Cray has announced it is offering an ARM blade option on its XC50 supercomputer, which will be based on Cavium’s second-generation ThunderX2 processor.
The announcement comes almost exactly two years after Cray first announced it was collaborating with Cavium to explore the use of ARM for HPC and data analytics work. At the time, the collaboration was focused on Cavium’s first-generation 64-bit ARM product, the 48-core ThunderX. Some of the initial funding for this work came from FastForward 2, a US Department of Energy (DOE) R&D program that was designed to accelerate potential exascale technologies.
No commercial Cray systems based on the ThunderX chips ever emerged, but with the more powerful ThunderX2 chips, the supercomputer-maker determined there would be enough interest from HPC users to warrant support for the platform. “We’re seeing signals within the broader market that there is interest in and around ARM,” said Fred Kohout, Cray’s Chief Marketing Officer and VP of Products.
This was a substantial investment for Cray, since it had to build an XC50 system software stack to support the ThunderX2 SoC, including ARMv8 compilers and other development tools, along with runtime libraries in math, science, and communications. Cray claims its ARM compiler demonstrated better performance in two-thirds of 135 benchmarks, and much better performance – 20 percent or more – in one-third of them, compared to open source ARM compilers from LLVM and GNU.
The Cray ThunderX2 blades can be mixed with other XC50 blades outfitted with Intel Xeon-SP or Xeon Phi processors and NVIDIA Tesla GPUs. Both air-cooled and liquid-cooled options are available.
Cray already has one customer lined up for the ThunderX2-powered XC50: the Great Western 4 (GW4) Alliance, a research consortium of four UK universities (Bristol, Bath, Cardiff and Exeter). In January 2017, the alliance announced it had contracted Cray to build "Isambard," a 10,000-core ARM-based supercomputer, which will provide a Tier 2 HPC service. The UK’s Met Office was also involved on the deal, since it was interested in seeing how its weather and climate codes would run on such a machine. The system will be paid for out of a £3 million award from the Engineering and Physical Sciences Research Council (EPSRC). It’s scheduled to be fully deployed by the end of this year.
At the time of the GW4 announcement, Cray had not revealed if the machine was going to be a commercial product or a custom design. And, in fact, the initial hardware used the CS400 cluster platform for early development. The type of ARM processor to be used in the system was also not revealed.
In talking with Fred Kohout, Cray’s Chief Marketing Officer and VP of products, there are also DOE customers interested in ThunderX2-powered XC50 – not surprising considering that the agency used some of its FastForward 2 money to fund Cray’s initial work in this area.
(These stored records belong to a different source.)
//! Finds loops of a graph's states, fair ones first. Knows nothing of what the states are.
#![tactic(auto)]

mod components;
mod judging;
mod rounds;

pub use judging::{FoundLoop, Verdict, search_loops};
Although most of the main processing units in pre-exascale and exascale machines in the US are likely to be based on either x86 or Power, ARM gives the DOE a third processor architecture for building next-generation supercomputers.
Beyond some of these earliest adopters, Kohout thinks there are other potential users for ARM-based supercomputers, although he didn’t offer who he had in mind. “I think it’s safe to say we see enough interest in the technology besides some specific customers,” he said.
Of course, if the market develops to any extent, Cray will have to deal with some competition. Atos (Bull) has already committed to an ARM-powered supercomputer based on these same Cavium processors and the Bull sequana platform. Atos’s initial customer is the Mont-Blanc Project, which will shell out 7.9 million euros to build an exascale prototype based on the ThunderX2-based sequana. Lenovo, Dell, Penguin Computing and a few others have also built ARM-based HPC servers for this market, and are all basically in wait-and-see mode to see how the market shapes up.
Cray’s ThunderX2 XC50 blades will be generally available in the second quarter of 2018.